START DATASET EXTRACT

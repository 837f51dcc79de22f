//! What joined histories come to.

ghost use Rattle.std.specs.Prelude.{◌≡◌, ◌++◌, [], ℕ, List, IfOk, OnOk, Option, map, true};
ghost use Rattle.std.specs.List.{position};
ghost use Rattle.hist_model.specs.declared.policy.Policy.{Policy};
ghost use Rattle.hist_model.specs.declared.script.Script.{Script};
ghost use Rattle.delay_bounded.specs.Explored.{bound_of, explored};
ghost use Rattle.explorer.specs.Bounds.{IsMore, bound_for};
ghost use Rattle.explorer.specs.Levels.{AddsUp, EndAsOne, IsEnd, TellsEnds};
ghost use Rattle.explorer.specs.Paths.{is_first, left_of};
ghost use Rattle.explorer.specs.Ends.{JoinsEnd, JoinsEnds, has_text};
ghost use Rattle.explorer.specs.Sorted.{IsFirstAt, IsSorted, outcome_in};
ghost use Rattle.explorer.specs.Telling.{Tells};
ghost use Rattle.explorer.specs.declared.ends.End.{End as EndValue};
ghost use Rattle.explorer.specs.declared.frames.Frame.{Frame as FrameValue};
ghost use Rattle.explorer.specs.declared.state.Bound.{Bound};

use crate::exploring::{Exploration, Outcome};
use crate::frames::Frame;
use crate::order::comes_first;
use hist_model::script::Step;
use long_count::LongCount;
use std::alloc::Global;
use sys_abi::memory::NoMemory;

/// Histories that come to one text: how many they are, and the first of them.
#[derive(Drop)]
pub(crate) struct End {
    pub(crate) text: Vec<u8>,
    pub(crate) count: LongCount,
    /// The turns of the first, how many delays are left to it, and its schedule.
    pub(crate) frames: Vec<Frame>,
    pub(crate) left: u64,
    pub(crate) schedule: Option<Vec<Step>>,
}

/// What all came to that ended so far.
#[derive(Drop)]
pub(crate) struct Ends {
    ends: Vec<End>,
    histories: LongCount,
    events: LongCount,
    longest: u64,
}

/// Whether the first history of an end comes before that of another.
fn is_earlier(end: &End, other: &End) -> bool
    ensures { result ≡ is_first end.now.left (map left_of end.now.frames.items) other.now.left (map left_of other.now.frames.items) }
{
    comes_first(
        end.left,
        end.frames.as_slice(),
        other.left,
        other.frames.as_slice(),
    )
}

/// Where the end whose first history comes first stands, if there is one.
fn first_of(ends: &[End]) -> Option<usize>
    ensures { IsFirstAt ends.now result }
{
    if ends.is_empty() {
        return None;
    }
    let mut first = 0;
    for place in 1..ends.len() {
        if is_earlier(&ends[place], &ends[first]) {
            first = place;
        }
    }
    Some(first)
}

/// The outcomes, in the order of their first histories.
fn outcomes_of(alloc: Global, mut ends: Vec<End>) -> Result<Vec<Outcome>, NoMemory>
    ensures { IfOk result (λ outcomes. (sorted : List EndValue) × IsSorted ends.items sorted × (outcomes.items ≡ map outcome_in sorted)) }
{
    let mut outcomes = Vec::new(alloc);
    'ends: while let Some(first) = first_of(ends.as_slice()) {
        let end = ends.remove(first);
        outcomes.push(end.into_outcome())?;
    }
    Ok(outcomes)
}

/// Where the end with a text stands, if there is one.
fn place_of(ends: &[End], text: &[u8]) -> Option<usize>
    ensures { result ≡ position (has_text text.now) ends.now }
{
    ends.iter().position(|end| end.text.as_slice() == text)
}

/// Joins histories to those that come to the same text, or adds them where there are none.
fn join_to(alloc: Global, ends: &mut Vec<End>, end: End) -> Result<(), NoMemory>
    ensures { OnOk result (JoinsEnds end ends.old.items ends.new.items) }
{
    match place_of(ends.as_slice(), end.text.as_slice()) {
        Some(place) => {
            ends[place].join(alloc, end)?;
            Ok(())
        }
        None => {
            ends.push(end)?;
            Ok(())
        }
    }
}

impl End {
    /// The outcome.
    fn into_outcome(self) -> Outcome
        ensures { result ≡ outcome_in self }
    {
        let End {
            text,
            count,
            frames: _frames,
            left: _left,
            schedule,
        } = self;
        Outcome::new(text, count, schedule)
    }

    /// Joins others that come to the same text.
    fn join(&mut self, alloc: Global, other: End) -> Result<(), NoMemory>
        ensures { OnOk result (JoinsEnd other self.old self.new) }
    {
        let is_first = is_earlier(&other, self);
        let End {
            text: _text,
            count,
            frames,
            left,
            schedule,
        } = other;
        self.count = self.count.plus(alloc, &count)?;
        if is_first {
            self.frames = frames;
            self.left = left;
            self.schedule = schedule;
        }
        Ok(())
    }
}

impl Ends {
    /// Nothing.
    pub(crate) fn none(alloc: Global) -> Ends
        ensures { (P : Policy) (S : Script) (W : ℕ) (b : Bound) → TellsEnds P S W b [] result }
    {
        Ends {
            ends: Vec::new(alloc),
            histories: LongCount::zero(alloc),
            events: LongCount::zero(alloc),
            longest: 0,
        }
    }

    /// Notes histories of this length that end.
    pub(crate) fn note(&mut self, alloc: Global, end: End, length: u64) -> Result<(), NoMemory>
        ensures { OnOk result ((P : Policy) (S : Script) (W : ℕ) (b : Bound) (done more : List (List FrameValue)) → TellsEnds P S W b done self.old → IsEnd P S W b more end → EndAsOne P S W b length end.text.items more → TellsEnds P S W b (done ++ more) self.new) }
    {
        self.histories = self.histories.plus(alloc, &end.count)?;
        self.events = self.events.plus_times(alloc, &end.count, length)?;
        self.longest = self.longest.max(length);
        join_to(alloc, &mut self.ends, end)?;
        Ok(())
    }

    /// What is told of them all.
    pub(crate) fn told(self, alloc: Global) -> Result<Exploration, NoMemory>
        ensures { IfOk result (λ x. (P : Policy) (S : Script) (W : ℕ) (delays : Option ℕ) (done : List (List FrameValue)) → TellsEnds P S W (bound_for delays) done self → ((k : ℕ) → IsMore (bound_for delays) k → AddsUp P S W (bound_for delays) k done []) → Tells P S (explored P S W (bound_of delays)) true x) }
    {
        let Ends {
            ends,
            histories,
            events,
            longest,
        } = self;
        Ok(Exploration {
            histories,
            events,
            longest,
            whole: true,
            outcomes: outcomes_of(alloc, ends)?,
        })
    }
}
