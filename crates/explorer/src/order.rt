//! Which of two histories comes first, by the delays that were left after each of their turns.

ghost use Rattle.std.specs.Prelude.{◌≡◌, ◌||◌, ◌&&◌, ◌==◌, nat_lt, map};
ghost use Rattle.explorer.specs.Paths.{is_before, left_of};

use crate::frames::Frame;

/// Whether turns come before others: at the first one where they differ more delays are left.
pub(crate) fn come_before(turns: &[Frame], others: &[Frame]) -> bool
    ensures { result ≡ is_before (map left_of turns.now) (map left_of others.now) }
{
    'turns: for index in 0..turns.len() {
        if index == others.len() {
            return false;
        }
        let left = turns[index].left;
        let other = others[index].left;
        if left != other {
            return other < left;
        }
    }
    turns.len() < others.len()
}

/// Whether a history comes first: more delays are left to it, or as many, and its turns come before the other one's.
pub(crate) fn comes_first(left: u64, turns: &[Frame], other: u64, others: &[Frame]) -> bool
    ensures { result ≡ nat_lt other left || (left == other && is_before (map left_of turns.now) (map left_of others.now)) }
{
    other < left || (left == other && come_before(turns, others))
}
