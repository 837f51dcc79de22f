//! Histories of one length after which all goes on alike.

ghost use Rattle.std.specs.Prelude.{◌≡◌, ◌==◌, ◌+◌, ◌++◌, ◌∷◌, [], ℕ, get_or, if◌then◌else◌, sum, IfOk, OnOk};
ghost use Rattle.explorer.specs.Joining.{Begins, CountsMore, JoinsTo, place_of};
ghost use Rattle.explorer.specs.Bounds.{bound_for};

use crate::frames::{Frame, copied};
use crate::order::comes_first;
use long_count::LongCount;
use std::alloc::Global;
use sys_abi::memory::NoMemory;

/// A bound of delays, or none.
#[derive(Clone, Copy, Debug)]
pub(crate) struct Bound {
    /// So many delays may be had. Without a bound there are more than any history has that is explored.
    pub(crate) most: u64,
    /// Whether it is meant as a bound.
    pub(crate) is_meant: bool,
}

impl Bound {
    /// That of so many delays, or none.
    pub(crate) fn of(delays: Option<u64>) -> Bound
        ensures { result ≡ bound_for delays }
    {
        match delays {
            Some(most) => Bound {
                most,
                is_meant: true,
            },
            None => Bound {
                most: u64::MAX,
                is_meant: false,
            },
        }
    }

    /// Where histories are counted that had so many delays, and then some more; none where they aren't within the bound any more.
    fn place_of(self, before: u64, delays: u64) -> Option<usize>
        ensures { result ≡ place_of self before delays }
    {
        if !self.is_meant {
            return Some(before as usize);
        }
        match before.checked_add(delays) {
            Some(place) if place <= self.most => Some(place as usize),
            _ => None,
        }
    }
}

/// Joined histories: how many they are, and the first of them.
#[derive(Drop)]
pub(crate) struct State {
    /// How many have each number of delays; all of them in the first place where there is no bound.
    counts: Vec<LongCount>,
    /// The turns of the first, and how many delays are left to it.
    frames: Vec<Frame>,
    left: u64,
    /// So many are left to each of them at least.
    least: u64,
}

/// These turns, and one more.
fn with_frame(alloc: Global, frames: &[Frame], more: Frame) -> Result<Vec<Frame>, NoMemory>
    ensures { IfOk result (λ all. all.items ≡ frames.now ++ more ∷ []) }
{
    let mut all = copied(alloc, frames)?;
    all.push(more)?;
    Ok(all)
}

impl State {
    /// The start, to which one history leads.
    pub(crate) fn start(alloc: Global, bound: Bound) -> Result<State, NoMemory>
        ensures counts { IfOk result (λ s. s.counts.items ≡ 1 ∷ []) }
        ensures frames { IfOk result (λ s. s.frames.items ≡ []) }
        ensures left { IfOk result (λ s. s.left ≡ bound.most) }
        ensures least { IfOk result (λ s. s.least ≡ bound.most) }
    {
        let mut counts = Vec::new(alloc);
        counts.push(LongCount::of(alloc, 1)?)?;
        Ok(State {
            counts,
            frames: Vec::new(alloc),
            left: bound.most,
            least: bound.most,
        })
    }

    /// The histories of another state that lead by a turn to one to which nothing was joined, after so many delays more.
    pub(crate) fn after_turn(
        alloc: Global,
        from: &State,
        frame: Frame,
        delays: u64,
        bound: Bound,
    ) -> Result<State, NoMemory>
        ensures { IfOk result (λ s. Begins bound delays frame from.now s) }
    {
        let left = frame.left;
        let mut state = State {
            counts: Vec::new(alloc),
            frames: with_frame(alloc, from.frames.as_slice(), frame)?,
            left,
            least: from.least.saturating_sub(delays),
        };
        state.count_all(alloc, from, delays, bound)?;
        Ok(state)
    }

    /// The turns of the first history.
    pub(crate) fn frames(&self) -> &[Frame]
        ensures { result.now ≡ self.now.frames.items }
    {
        self.frames.as_slice()
    }

    /// How many delays are left to it.
    pub(crate) fn left(&self) -> u64
        ensures { result ≡ self.now.left }
    {
        self.left
    }

    /// How many are left to each at least.
    pub(crate) fn least(&self) -> u64
        ensures { result ≡ self.now.least }
    {
        self.least
    }

    /// Counts so many more in a place.
    fn count_more(&mut self, alloc: Global, place: usize, more: &LongCount) -> Result<(), NoMemory>
        ensures counts { OnOk result ((i : ℕ) → get_or self.new.counts.items i 0 ≡ get_or self.old.counts.items i 0 + (if i == place then more.now else 0)) }
        ensures frames { self.new.frames ≡ self.old.frames }
        ensures left { self.new.left ≡ self.old.left }
        ensures least { self.new.least ≡ self.old.least }
    {
        'places: while self.counts.len() <= place {
            self.counts.push(LongCount::zero(alloc))?;
        }
        let sum = self.counts[place].plus(alloc, more)?;
        self.counts[place] = sum;
        Ok(())
    }

    /// Counts the histories of another state that lead here after so many delays more, as far as they keep within the bound.
    fn count_all(
        &mut self,
        alloc: Global,
        from: &State,
        delays: u64,
        bound: Bound,
    ) -> Result<(), NoMemory>
        ensures counts { OnOk result (CountsMore bound delays from.now.counts.items self.old.counts.items self.new.counts.items) }
        ensures frames { self.new.frames ≡ self.old.frames }
        ensures left { self.new.left ≡ self.old.left }
        ensures least { self.new.least ≡ self.old.least }
    {
        for before in 0..from.counts.len() {
            let Some(place) = bound.place_of(before as u64, delays) else {
                continue;
            };
            self.count_more(alloc, place, &from.counts[before])?;
        }
        Ok(())
    }

    /// Joins the histories of another state that lead here by a turn, after so many delays more.
    pub(crate) fn join(
        &mut self,
        alloc: Global,
        from: &State,
        frame: Frame,
        delays: u64,
        bound: Bound,
    ) -> Result<(), NoMemory>
        ensures { OnOk result (JoinsTo bound delays frame from.now self.old self.new) }
    {
        let left = frame.left;
        let frames = with_frame(alloc, from.frames.as_slice(), frame)?;
        if comes_first(left, frames.as_slice(), self.left, self.frames.as_slice()) {
            self.frames = frames;
            self.left = left;
        }
        self.least = self.least.min(from.least.saturating_sub(delays));
        self.count_all(alloc, from, delays, bound)
    }

    /// How many histories they are.
    pub(crate) fn count(&self, alloc: Global) -> Result<LongCount, NoMemory>
        ensures { IfOk result (λ all. all ≡ sum self.now.counts.items) }
    {
        let mut all = LongCount::zero(alloc);
        for count in &self.counts {
            all = all.plus(alloc, count)?;
        }
        Ok(all)
    }
}
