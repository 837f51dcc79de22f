//! The first histories of a script in their order, those with the fewest delays first: with each number of delays by a pass of its own.

ghost use Rattle.std.specs.Prelude.{◌≡◌, ◌≤◌, ◌<◌, ◌^◌, List, length, IfOk, OnOk};
ghost use Rattle.hist_model.specs.declared.event.Event.{Event};
ghost use Rattle.hist_model.specs.declared.script.Script.{Script as ScriptValue};
ghost use Rattle.delay_bounded.specs.Explored.{Walk, closed, explored, with_delays};
ghost use Rattle.explorer.specs.Taken.{event_limit};
ghost use Rattle.outcome_text.specs.Sight as sight;
ghost use Rattle.explorer.specs.Telling.{Explores, Notes, TellsFirst, TellsOf};

use crate::one_by_one::Explored;
use crate::tally::Tally;
use crate::walker::{Walked, Walker};
use hist_model::history::History;
use hist_model::policy::Policy;
use hist_model::script::Script;
use std::alloc::Global;
use sys_abi::memory::NoMemory;

/// Notes the history of a walk that has no delay left, in which the effects at the `hidden` places are out of sight. Gives false where
/// there are too many events before it.
fn note_spent(
    alloc: Global,
    policy: &Policy,
    found: &mut Tally,
    left: u64,
    history: &History,
    hidden: &[usize],
) -> Result<bool, NoMemory>
    requires told { (S : ScriptValue) × (L : List (List Event)) × TellsOf policy.now S L found.old }
    requires begun { 0 < length history.now.events }
    requires few { length history.now.events < 2 ^ 63 }
    ensures told { OnOk result ((S : ScriptValue) (L : List (List Event)) → hidden.now ≡ sight.hidden S history.now.events → TellsOf policy.now S L found.old → (M : List (List Event)) × TellsOf policy.now S M found.new) }
    ensures notes { IfOk result (λ goes_on. (S : ScriptValue) (w : Walk) → w.left ≡ left → closed policy.now S w ≡ history.now.events → hidden.now ≡ sight.hidden S history.now.events → Notes policy.now S w found.old goes_on found.new) }
{
    if left != 0 {
        return Ok(true);
    }
    if found.is_full() {
        return Ok(false);
    }
    found.note(alloc, policy, history, hidden)?;
    Ok(true)
}

/// Explores the histories with so many delays, as long as there are fewer events than the limit. Gives the script back, and says
/// whether none of them is left.
fn pass(
    alloc: Global,
    policy: &Policy,
    workers: u8,
    script: Script,
    delays: u64,
    found: &mut Tally,
) -> Result<(Script, bool), NoMemory>
    requires workers { workers ≤ 15 }
    requires told { (L : List (List Event)) × TellsOf policy.now script L found.old }
    ensures script { IfOk result (λ r. r.0 ≡ script) }
    ensures explored { IfOk result (λ r. Explores policy.now script (with_delays policy.now script workers delays) found.old r.1 found.new) }
{
    let mut walker = Walker::begin(alloc, script, delays)?;
    'walks: loop {
        match walker.next(alloc, policy, workers)? {
            Walked::All(script) => return Ok((script, true)),
            Walked::Ended {
                left,
                history,
                hidden,
                rest,
            } => {
                let goes_on = note_spent(alloc, policy, found, left, &history, hidden.as_slice())?;
                if !goes_on {
                    return Ok((rest.into_script()?, false));
                }
                walker = rest;
            }
        }
    }
}

/// Explores the histories with so many delays at most, pass by pass. Where no history has a number of delays, none has more.
pub(crate) fn explore_by_passes(
    alloc: Global,
    policy: &Policy,
    workers: u8,
    mut script: Script,
    bound: u64,
) -> Result<Explored, NoMemory>
    requires workers { workers ≤ 15 }
    requires bound { bound ≤ event_limit }
    ensures { IfOk result (λ x. TellsFirst policy.now script (explored policy.now script workers bound) x) }
{
    let mut found = Tally::none(alloc);
    for delays in 0..bound + 1 {
        let before = found.histories();
        let (back, whole) = pass(alloc, policy, workers, script, delays, &mut found)?;
        if !whole {
            return Ok(found.told(false));
        }
        if found.histories() == before {
            return Ok(found.told(true));
        }
        script = back;
    }
    Ok(found.told(true))
}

END DATASET EXTRACT

● TASK DESCRIPTION
Looking at the records above, return exactly the lines from the line with "fn join(&mut self, alloc: Global, other: End)" to the line with "of them all.", both ends included.

● SOLUTION TO THE EXERCISE
    fn join(&mut self, alloc: Global, other: End) -> Result<(), NoMemory>
        ensures { OnOk result (JoinsEnd other self.old self.new) }
    {
        let is_first = is_earlier(&other, self);
        let End {
            text: _text,
            count,
            frames,
            left,
            schedule,
        } = other;
        self.count = self.count.plus(alloc, &count)?;
        if is_first {
            self.frames = frames;
            self.left = left;
            self.schedule = schedule;
        }
        Ok(())
    }
}

impl Ends {
    /// Nothing.
    pub(crate) fn none(alloc: Global) -> Ends
        ensures { (P : Policy) (S : Script) (W : ℕ) (b : Bound) → TellsEnds P S W b [] result }
    {
        Ends {
            ends: Vec::new(alloc),
            histories: LongCount::zero(alloc),
            events: LongCount::zero(alloc),
            longest: 0,
        }
    }

    /// Notes histories of this length that end.
    pub(crate) fn note(&mut self, alloc: Global, end: End, length: u64) -> Result<(), NoMemory>
        ensures { OnOk result ((P : Policy) (S : Script) (W : ℕ) (b : Bound) (done more : List (List FrameValue)) → TellsEnds P S W b done self.old → IsEnd P S W b more end → EndAsOne P S W b length end.text.items more → TellsEnds P S W b (done ++ more) self.new) }
    {
        self.histories = self.histories.plus(alloc, &end.count)?;
        self.events = self.events.plus_times(alloc, &end.count, length)?;
        self.longest = self.longest.max(length);
        join_to(alloc, &mut self.ends, end)?;
        Ok(())
    }

    /// What is told of them all.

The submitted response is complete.